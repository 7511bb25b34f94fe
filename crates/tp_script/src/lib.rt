//! What the lines of scripts say, or their first fault.
#![tactic(auto)]

mod commands;
mod fault;
mod grammar;
mod head;
mod keyword;
mod line_words;
mod parse;
mod script;
mod servers;
mod setting_lines;
mod source;
mod text;
mod whole;

pub use fault::{LineError, LineFault, ReadFault, Refused};
pub use head::{Act, Head, Said};
pub use parse::read_script;
pub use script::{ClientAct, Command, DeskAct, Kind, MAX_SERVERS, Race, ScriptServer, Settings};
pub use source::{BytesSource, Failed, MAX_READS, MAX_SCRIPT_BYTES, Source, StdSource, read_all};
pub use whole::Script;
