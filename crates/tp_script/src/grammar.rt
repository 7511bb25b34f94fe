//! What a line says: in the head, and behind it.
ghost use Rattle.std.specs.Prelude.{◌≡◌, ◌&&◌, Result, map, nat_le, vec_len, ℕ, IfOk, IfSome};
ghost use Rattle.std.specs.List.{list_all};
ghost use Rattle.tp_script.specs.declared.fault.LineFault.{LineFault};
ghost use Rattle.tp_script.specs.declared.fault.LineFault.TheVariants.{Syntax};
ghost use Rattle.tp_script.specs.declared.head.Act.{Act};
ghost use Rattle.tp_script.specs.declared.head.Said.{Said};
ghost use Rattle.tp_script.specs.Grammar.{account_at, act_said, asks, body_keyword, body_words, ends_head};
ghost use Rattle.tp_script.specs.Grammar.{head_keyword, head_words, in_head, is_comment, line_words};
ghost use Rattle.tp_script.specs.Grammar.{out_of_order};
ghost use Rattle.tp_script.specs.Keyword.{keyword};
ghost use Rattle.tp_script.specs.LineWords.{known, one_word};
ghost use Rattle.tp_script.specs.Ranges.{IsActInRange, IsSaidInRange};
ghost use Rattle.tp_script.specs.Reading.{Gives};
ghost use Rattle.tp_script.specs.Script.{HeadView, head_view};

use crate::commands::{drain_at, race_said, rollover_at};
use crate::fault::{LineError, LineFault};
use crate::head::{Act, Head, Said};
use crate::keyword::{Keyword, Verb};
use crate::line_words::{none, one, three};
use crate::servers::shape_at;
use crate::text::words;
use std::alloc::Global;

// ---- words

/// The words of a line.
#[tactic(auto, unfolding(crate::specs::Grammar::line_words))]
pub(crate) fn line_words(alloc: Global, line: &[u8]) -> Result<Vec<&[u8]>, LineError>
    ensures { Gives (λ v. map (λ x. x.now) v.items) result (line_words line.now) }
{
    if line.len() > 200 {
        return Err(LineFault::TooLong.into());
    }
    if !all_allowed(line) {
        return Err(LineFault::Syntax.into());
    }
    if is_comment(line) {
        return Ok(Vec::new(alloc));
    }
    Ok(words(alloc, line)?)
}

// The keyword that a word is.
fn first_word(word: &[u8]) -> Result<Keyword, LineError>
    ensures { Gives (λ k. k) result (known (keyword word.now) Syntax) }
{
    match Keyword::of(word) {
        Some(keyword) => Ok(keyword),
        None => Err(LineFault::Syntax.into()),
    }
}

// Whether a line begins with `#`.
fn is_comment(line: &[u8]) -> bool
    ensures { result ≡ is_comment line.now }
{
    line.first() == Some(&b'#')
}

// Whether each byte of a line is a space or visible.
fn all_allowed(line: &[u8]) -> bool
    ensures { result ≡ list_all (λ b. nat_le 32 b && nat_le b 126) line.now }
{
    line.iter().all(|byte| (32..=126).contains(byte))
}

// ---- what is said

// What is asked for as what a line says.
fn asks(read: Result<Act, LineError>) -> Result<Said, LineError>
    ensures gives { (said : Result Act LineFault) → Gives (λ a. a) read said
        → Gives (λ s. s) result (asks said) }
    ensures in_range { (servers : ℕ) → IfOk read (IsActInRange servers)
        → IfOk result (IsSaidInRange servers) }
{
    match read {
        Ok(act) => Ok(Said::Act(act)),
        Err(e) => Err(e),
    }
}

// `account`
fn account_at(words: &[&[u8]]) -> Result<Said, LineError>
    ensures gives { Gives (λ s. s) result (account_at (map (λ x. x.now) words.now)) }
    ensures in_range { (servers : ℕ) → IfOk result (IsSaidInRange servers) }
{
    none(words)?;
    Ok(Said::Account)
}

// A line of the head as an answer to it: it asks for nothing.
fn in_head(read: Result<(), LineError>) -> Result<Option<Said>, LineError>
    ensures gives { (h : HeadView) → (said : Result HeadView LineFault) → Gives (λ _. h) read said
        → Gives (λ s. (h, s)) result (in_head said) }
    ensures in_range { (servers : ℕ) → IfOk result (λ said. IfSome said (IsSaidInRange servers)) }
{
    match read {
        Ok(()) => Ok(None),
        Err(e) => Err(e),
    }
}

// The first command as an answer to its line, which ends the head.
fn ends_head(read: Result<Said, LineError>) -> Result<Option<Said>, LineError>
    ensures gives { (h : HeadView) → (said : Result Said LineFault) → Gives (λ s. s) read said
        → Gives (λ s. (h, s)) result (ends_head h said) }
    ensures in_range { (servers : ℕ) → IfOk read (IsSaidInRange servers)
        → IfOk result (λ said. IfSome said (IsSaidInRange servers)) }
{
    match read {
        Ok(said) => Ok(Some(said)),
        Err(e) => Err(e),
    }
}

// A setting behind the head.
fn late_setting(words: &[&[u8]]) -> Result<Said, LineError>
    ensures gives { Gives (λ s. s) result (out_of_order (one_word (map (λ x. x.now) words.now))) }
    ensures refused { IfOk result (λ _. ⊥) }
{
    one(words)?;
    Err(LineFault::Order.into())
}

impl Head {
    // The command of this first word, with the words after it.
    #[tactic(auto, unfolding(crate::specs::Grammar::act_said))]
    fn act_at(&self, verb: Verb, words: &[&[u8]]) -> Result<Said, LineError>
        ensures gives { Gives (λ s. s) result
            (act_said verb (map (λ x. x.now) words.now) (head_view self.now)) }
        ensures in_range { IfOk result (IsSaidInRange (vec_len self.now.servers)) }
    {
        let command = self.command_at(verb, words)?;
        Ok(Said::Act(Act::Command(command)))
    }

    // ---- a line of the head

    // A line of the head of this first word, up to the first command.
    #[tactic(auto, unfolding(crate::specs::Grammar::head_keyword))]
    fn head_keyword(
        &mut self,
        alloc: Global,
        keyword: Keyword,
        words: &[&[u8]],
    ) -> Result<Option<Said>, LineError>
        ensures gives { Gives (λ s. (head_view self.new, s)) result
            (head_keyword keyword (map (λ x. x.now) words.now) (head_view self.old)) }
        ensures in_range { IfOk result (λ said. IfSome said
            (IsSaidInRange (vec_len self.new.servers))) }
    {
        match keyword {
            Keyword::Rows => in_head(self.rows_line(words)),
            Keyword::Units => in_head(self.units_line(words)),
            Keyword::Limit => in_head(self.limit_line(words)),
            Keyword::Spare => in_head(self.spare_line(words)),
            Keyword::Server => in_head(self.server_line(alloc, words)),
            Keyword::Start => in_head(self.start_line(words)),
            Keyword::Do(verb) => ends_head(self.act_at(verb, words)),
            Keyword::Race => ends_head(asks(race_said(words))),
            Keyword::Drain => ends_head(asks(drain_at(words))),
            Keyword::Rollover => ends_head(asks(rollover_at(words))),
            Keyword::Account => ends_head(account_at(words)),
        }
    }

    /// What the words of a line of the head say, up to the first command.
    #[tactic(auto, unfolding(crate::specs::Grammar::head_words))]
    pub(crate) fn head_words(
        &mut self,
        alloc: Global,
        words: &[&[u8]],
    ) -> Result<Option<Said>, LineError>
        ensures gives { Gives (λ s. (head_view self.new, s)) result
            (head_words (map (λ x. x.now) words.now) (head_view self.old)) }
        ensures in_range { IfOk result (λ said. IfSome said
            (IsSaidInRange (vec_len self.new.servers))) }
    {
        let Some((first, others)) = words.split_first() else {
            return Ok(None);
        };
        self.head_keyword(alloc, first_word(first)?, others)
    }

    // ---- a line behind the head

    // What a line of this first word says. A line of the head is out of order there.
    #[tactic(auto, unfolding(crate::specs::Grammar::body_keyword))]
    fn body_keyword(
        &self,
        alloc: Global,
        keyword: Keyword,
        words: &[&[u8]],
    ) -> Result<Said, LineError>
        ensures gives { Gives (λ s. s) result
            (body_keyword keyword (map (λ x. x.now) words.now) (head_view self.now)) }
        ensures in_range { IfOk result (IsSaidInRange (vec_len self.now.servers)) }
    {
        match keyword {
            Keyword::Do(verb) => self.act_at(verb, words),
            Keyword::Race => asks(race_said(words)),
            Keyword::Drain => asks(drain_at(words)),
            Keyword::Rollover => asks(rollover_at(words)),
            Keyword::Account => account_at(words),
            Keyword::Rows => late_setting(words),
            Keyword::Units => late_setting(words),
            Keyword::Limit => late_setting(words),
            Keyword::Spare => late_setting(words),
            Keyword::Server => {
                shape_at(alloc, words)?;
                Err(LineFault::Order.into())
            }
            Keyword::Start => {
                three(words)?;
                Err(LineFault::Order.into())
            }
        }
    }

    /// What the words of a line behind the head say, if there are any.
    #[tactic(auto, unfolding(crate::specs::Grammar::body_words))]
    pub(crate) fn body_words(
        &self,
        alloc: Global,
        words: &[&[u8]],
    ) -> Result<Option<Said>, LineError>
        ensures gives { Gives (λ s. s) result
            (body_words (map (λ x. x.now) words.now) (head_view self.now)) }
        ensures in_range { IfOk result (λ said. IfSome said
            (IsSaidInRange (vec_len self.now.servers))) }
    {
        let Some((first, others)) = words.split_first() else {
            return Ok(None);
        };
        let said = self.body_keyword(alloc, first_word(first)?, others)?;
        Ok(Some(said))
    }
}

→ Exercise
Would you show every line in the data above that contains the string "behind"?

→ Solution to this exercise
//! What a line says: in the head, and behind it.
// A setting behind the head.
    // ---- a line behind the head
    /// What the words of a line behind the head say, if there are any.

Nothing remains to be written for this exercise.